Wenn jemand die Religion eines anderen Menschen beleidigt, dann will er immer ihn beleidigen und nicht seine Religion, denn das geht eigentlich gar nicht, und er möchte es eben ganz besonders böse tun, so, daß die Beleidigung dem anderen ganz besonders weh tut, weil ihm das Beleidigte eben so wertvoll ist.
Wenn dieser absichtlich zugefügte Schmerz beim anderen nach Vergeltung ruft, dann droht die scheinbar "religiöse" Eskalation - scheinbar deshalb, weil es eben nicht "Religionen" sind, die eskalieren, sondern Menschen, deren Religion von anderen in den Schmutz gezogen wurde.

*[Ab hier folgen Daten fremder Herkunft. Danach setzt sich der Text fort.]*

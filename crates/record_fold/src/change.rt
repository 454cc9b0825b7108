//! Changes of one consumer.

use js_base::Moment;
use js_model::Pending;

/// What a record changes of a consumer that is there.
#[derive(Clone, Copy, Debug)]
pub(crate) enum Change {
    /// A message was sent under this consumer sequence, which has to be the next.
    Deliver { entry: Pending, dseq: u64 },
    /// The deliveries of a range of sequences ended, and those that were given up.
    End { low: u64, high: u64 },
    /// A delivery that waits may be made again at another moment.
    Due { seq: u64, due: Moment },
    /// What was delivered as often as it may be and is due by a moment is given up.
    GiveUp { moment: Moment },
}
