//! Records of all kinds.

ghost use Rattle.std.specs.Prelude.{◌≡◌, Some, OnOk, IfErr};
ghost use Rattle.effects.specs.Folding.{fold};
ghost use Rattle.record_fold.specs.Entries.{AreOrderedIn, IsGiven};
ghost use Rattle.record_fold.specs.Faults.{IsFoldFault};

use crate::change::Change;
use crate::durables::{
    add_consumer, change_named, change_stream, drop_stream, make_stream, put_message,
    remove_consumer, remove_range, see_moment, skip,
};
use crate::fault::FoldFault;
use crate::streams::new_consumer;
use effects::{Durable, Effect};
use js_model::{Message, Pending};
use std::alloc::Global;

/// Adds a record to what a volume held. Its consumers are in order of their names.
///
/// `Misfit` comes exactly if the record does not fit what the volume held, and tells the field that is wrong; an `Err` may leave some of what the record
/// says.
pub fn fold(alloc: Global, durable: &mut Durable, effect: Effect) -> Result<(), FoldFault>
    requires ordered { AreOrderedIn durable.old }
    requires given { IsGiven effect }
    ensures ok { OnOk result (fold durable.old effect ≡ Some durable.new) }
    ensures err { IfErr result (IsFoldFault durable.old effect) }
{
    match effect {
        Effect::MakeStream {
            incarnation,
            made,
            config,
        } => make_stream(alloc, durable, incarnation, made, config),
        Effect::ChangeStream { config } => change_stream(durable, config),
        Effect::DropStream => drop_stream(durable),
        Effect::PutHere {
            seq,
            at,
            id,
            subject,
            headers,
            payload,
        } => {
            let message = Message {
                seq,
                at,
                subject,
                headers,
                payload,
            };
            put_message(durable, message, id)
        }
        Effect::Skip { seq, at, id } => skip(durable, seq, at, id),
        Effect::Remove { low, high } => remove_range(alloc, durable, low, high),
        Effect::MakeConsumer {
            name,
            made,
            config,
            cursor,
            picks,
        } => {
            let new = new_consumer(alloc, name, made, config, cursor, picks);
            add_consumer(alloc, durable, new)
        }
        Effect::DropConsumer { name } => remove_consumer(alloc, durable, &name),
        Effect::Deliver {
            name,
            seq,
            count,
            due,
            dseq,
        } => {
            let entry = Pending { seq, count, due };
            change_named(alloc, durable, &name, Change::Deliver { entry, dseq })
        }
        Effect::Acked { name, low, high } => {
            change_named(alloc, durable, &name, Change::End { low, high })
        }
        Effect::Due { name, seq, due } => {
            change_named(alloc, durable, &name, Change::Due { seq, due })
        }
        Effect::GivenUp { name, moment } => {
            change_named(alloc, durable, &name, Change::GiveUp { moment })
        }
        Effect::Now { moment } => see_moment(alloc, durable, moment),
    }
}
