//! What the records of a volume's log make of what the volume held before, record by record.
#![tactic(auto)]

mod change;
mod consumers;
mod durables;
mod entries;
mod fault;
mod lists;
mod records;
mod streams;

pub use fault::FoldFault;
pub use records::fold;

Man darf nicht erst diese Eskalation in seinen Blick nehmen, sondern auch den Anlaß: Es gibt kein "Recht auf Beleidigung"!

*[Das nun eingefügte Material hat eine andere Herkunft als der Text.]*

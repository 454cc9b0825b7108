//! The consumers of a stream, in order of their names.

ghost use Rattle.std.specs.Prelude.{◌≡◌, ◌<◌, ◌^◌, Some, OnOk, IfErr, map, filter, not};
ghost use Rattle.std.specs.List.{position};
ghost use Rattle.js_base.specs.Bytes.{same};
ghost use Rattle.js_model.specs.Streams.{by_name};
ghost use Rattle.js_model.specs.Consumers.{is_before, with_new};
ghost use Rattle.js_model.specs.Acknowledge.{without};
ghost use Rattle.model_laws.specs.Sound.{AreOrdered};
ghost use Rattle.effects.specs.Folding.{holding, delivered_to};
ghost use Rattle.effects.specs.Ranges.{is_within};
ghost use Rattle.record_fold.specs.Changes.{changed, changed_in, replaced_in};
ghost use Rattle.record_fold.specs.Entries.{IsGivenIn};
ghost use Rattle.record_fold.specs.Faults.{IsChangeFault, IsChangeFaultIn};
ghost use Rattle.record_fold.specs.Misfits.{after_name};

use crate::change::Change;
use crate::entries::{give_up, put_entry, set_due};
use crate::fault::FoldFault;
use crate::lists::{drop_entries, drop_seqs, take};
use js_base::{Blob, List, NoMemory};
use js_model::{Consumer, Pending};
use std::alloc::Global;

/// Holds nothing of a range of sequences any more.
fn forget(alloc: Global, consumer: &mut Consumer, low: u64, high: u64)
    ensures value { consumer.new ≡ holding (λ n. not (is_within low high n)) consumer.old }
{
    drop_seqs(alloc, &mut consumer.picks, low, high);
    end(alloc, consumer, low, high);
}

/// Holds nothing of a range of sequences any more, whichever consumer it is.
pub(crate) fn forget_all(alloc: Global, consumers: &mut [Consumer], low: u64, high: u64)
    ensures value { consumers.new ≡ map (holding (λ n. not (is_within low high n))) consumers.old }
{
    for consumer in consumers.iter_mut() {
        forget(alloc, consumer, low, high);
    }
}

/// Ends the deliveries of a range of sequences, and those that were given up.
fn end(alloc: Global, consumer: &mut Consumer, low: u64, high: u64)
    ensures value { consumer.new ≡ without (is_within low high) consumer.old }
{
    drop_entries(alloc, &mut consumer.pending, low, high);
    drop_seqs(alloc, &mut consumer.given_up, low, high);
}

/// A message was sent.
fn deliver(
    alloc: Global,
    consumer: &mut Consumer,
    entry: Pending,
    dseq: u64,
) -> Result<(), NoMemory>
    requires given { entry.seq < 2 ^ 62 }
    ensures ok { OnOk result (consumer.new ≡ delivered_to entry dseq consumer.old) }
{
    consumer.dseq = dseq;
    consumer.cursor = consumer.cursor.max(entry.seq.saturating_add(1));
    drop_seqs(alloc, &mut consumer.picks, entry.seq, entry.seq);
    if !consumer.is_unacknowledged() {
        let mut pending = take(alloc, &mut consumer.pending);
        put_entry(&mut pending, entry)?;
        consumer.pending = List::from_vec(pending);
    }
    Ok(())
}

/// Where a field stands so many numbers behind a consumer's name.
fn after_name(name: &Blob, count: usize) -> usize
    requires few { count < 8 }
    ensures value { result ≡ after_name name.now count }
{
    2 + name.len() + 8 * count
}

/// Makes the change.
fn change(alloc: Global, consumer: &mut Consumer, change: Change) -> Result<(), FoldFault>
    requires given { IsGivenIn change }
    ensures ok { OnOk result (changed change consumer.old ≡ Some consumer.new) }
    ensures err { IfErr result (IsChangeFault change consumer.old) }
{
    match change {
        Change::Deliver { entry, dseq } => {
            if consumer.dseq.checked_add(1) != Some(dseq) {
                return Err(FoldFault::Misfit(after_name(&consumer.name, 3)));
            }
            Ok(deliver(alloc, consumer, entry, dseq)?)
        }
        Change::End { low, high } => {
            end(alloc, consumer, low, high);
            Ok(())
        }
        Change::Due { seq, due } => {
            let mut pending = take(alloc, &mut consumer.pending);
            let is_there = set_due(pending.as_mut_slice(), seq, due);
            consumer.pending = List::from_vec(pending);
            if is_there {
                Ok(())
            } else {
                Err(FoldFault::Misfit(after_name(&consumer.name, 0)))
            }
        }
        Change::GiveUp { moment } => Ok(give_up(alloc, consumer, moment)?),
    }
}

/// The place of the consumer of a name.
pub(crate) fn place_of(consumers: &[Consumer], name: &Blob) -> Option<usize>
    ensures value { result ≡ position (λ c. same c.name name.now) consumers.now }
{
    consumers.iter().position(|consumer| consumer.name == *name)
}

/// Changes the consumer of a name. If it is not there, the name is wrong.
pub(crate) fn change_one(
    alloc: Global,
    consumers: &mut [Consumer],
    name: &Blob,
    made: Change,
) -> Result<(), FoldFault>
    requires ordered { AreOrdered consumers.old }
    requires given { IsGivenIn made }
    ensures ok { OnOk result (replaced_in consumers.old (changed_in made (by_name consumers.old name.now)) ≡ Some consumers.new) }
    ensures err { IfErr result (IsChangeFaultIn name.now made (by_name consumers.old name.now)) }
{
    let Some(place) = place_of(consumers, name) else {
        return Err(FoldFault::Misfit(1));
    };
    change(alloc, &mut consumers[place], made)
}

/// Whether a name comes before another.
fn is_before(one: &Blob, other: &Blob) -> bool
    ensures value { result ≡ is_before one.now other.now }
{
    one.as_slice().cmp(other.as_slice()).is_lt()
}

/// The place of the first consumer whose name is not before another.
fn new_place(consumers: &[Consumer], name: &Blob) -> Option<usize>
    ensures value { result ≡ position (λ c. not (is_before c.name name.now)) consumers.now }
{
    consumers
        .iter()
        .position(|consumer| !is_before(&consumer.name, name))
}

/// Adds a consumer at its place in the order of names.
pub(crate) fn add_one(consumers: &mut Vec<Consumer>, new: Consumer) -> Result<(), NoMemory>
    ensures ok { OnOk result (consumers.new.items ≡ with_new consumers.old.items new) }
{
    let place = new_place(consumers.as_slice(), &new.name).unwrap_or(consumers.len());
    consumers.insert(place, new)?;
    Ok(())
}

/// Takes the consumer of a name out.
pub(crate) fn remove_one(consumers: &mut Vec<Consumer>, name: &Blob)
    ensures left { consumers.new.items ≡ filter (λ c. not (same c.name name.now)) consumers.old.items }
{
    consumers.retain(|consumer| consumer.name != *name);
}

Klar ist auf jeden Fall: Das Böse geht hier primär aus von dem, der beleidigt. Jesus empfiehlt in einer solchen Situation, dem Beleidiger "die andere Wange auch noch hinzuhalten". Warum? Damit das Böse eben nicht eskaliere, sondern ins Leere laufe und den Beleidiger ins Unrecht setze und dadurch beschämt. Warum? Damit er sich selbst erkenne, das Unrecht seines Tuns begreife und es künftig unterläßt.
Das setzt freilich zwingend voraus, daß es sich um Gleiche handelt, was unter anderem auch bedeutet, daß beide einen gemeinsamen Grundethos teilen ("Man beleidigt nicht grundlos einen anderen Menschen"). Wenn dieser beiden gemeinsame Ethos fehlt, dann funktioniert das nicht. Wenn der KZ-Häftling den SS-Wärter durch Duldsamkeit beschämen wollte, dann setzte das voraus, daß sich der SS-Wärter überhaupt schämen kann. Auch wenn man das vielleicht nicht in jedem Einzelfall für völlig undenkbar halten muß, so ist doch jedem klar, daß dies unmöglich das regelhafte Verhalten eines KZ-Häftlings gegenüber einem SS-Wärter sein kann.

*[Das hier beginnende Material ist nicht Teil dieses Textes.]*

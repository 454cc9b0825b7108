//! JSON objects, read by typed fields and made member by member, over `serde_json`; and the texts of times, over `jiff`.
#![tactic(auto)]

mod fault;
mod fields;
mod kinds;
pub mod laws;
mod object_builder;
mod time;

pub use fault::JsonFault;
pub use fields::{Fields, object};
pub use object_builder::{ObjectBuilder, text_values};
pub use time::time_text;
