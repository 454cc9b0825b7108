//! What holds of each run of a router that many seats share, by the definitions alone.

ghost use Rattle.seat_laws.specs.Laws.{LawRoutes, LawOpening, LawOpeners, LawOpened, LawStays, LawAnswered, LawJoined, LawCut};

/// The entries of a run of many seats are a run of the router.
pub fn law_routes()
    ensures law { LawRoutes }
{}

/// The openers are just those of the open sessions, each session once: so it is of the empty router, and of each state that a run
/// reaches from such a state. Which they are after a run, its entries alone decide.
pub fn law_openers()
    ensures opening { LawOpening }
    ensures law { LawOpeners }
    ensures opened { LawOpened }
{}

/// After a run from a state whose openers are just those of the open sessions, and none of whose entries is by one of some seats, one of them has
/// opened just the sessions that it had opened before, and these are still open.
pub fn law_stays()
    ensures law { LawStays }
{}

/// Where the openers are just those of the open sessions, no call that a seat may make is told `NoSession`.
pub fn law_answered()
    ensures law { LawAnswered }
{}

/// Two runs in a row are one, and wherever the entries of a run are cut in two there is a state between them.
pub fn law_joined()
    ensures law { LawJoined }
    ensures cut { LawCut }
{}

Es gibt Situationen - und sie nehmen heute rapide zu in dem Maße, wie die von allen geteilten Werte verlorengehen - wo dem Beleidiger auf andere Weise das Unrecht seines Tuns klargemacht werden muß. Wenn es überhaupt keine gemeinsame Ebene mehr gibt, dann bleibt als Allerletztes nur noch der Schmerz als Lehrmeister, weil diese Ebene bekanntlich allen Lebewesen gemeinsam ist. Mord jedoch ist niemals erlaubt! Es kann und darf in so einem Fall nur darum gehen, daß der Beleidiger empfindlich getroffen wird, sei es körperlich oder seelisch, und hernach genau erklärt bekommt, warum er soeben diesen Schmerz fühlt, verbunden mit der ernsten Aufforderung, sein Verhalten künftig so zu gestalten, daß er den gerade gefühlten Schmerz vermeidet.
Jeder gemeinsam geteilte Ethos unter Menschen entwickelt sich im Grunde genommen nach diesem Prinzip. Wo er völlig fehlt, gibt es viel Strafe. Wo er gelernt wurde, entsteht Kultur. Wo er vergessen wird, erhebt sich das Chaos der Barbarei. Wir betreten diese dritte Stufe. Das ist keine gute Nachricht.
Nick
P.S.: Einer Feministin die andere Wange hinzuhalten wäre für mich (Christ) zum Beispiel ein Verbrechen! Was meinst du: Ist dieser Satz wahr oder falsch? Wenn er wahr ist, was wäre dann statt dessen zu tun? Eben.
Ich weiß, daß wir da wahrscheinlich ähnlich denken, Nikos. Ich schreibe es wegen denen, die mitlesen.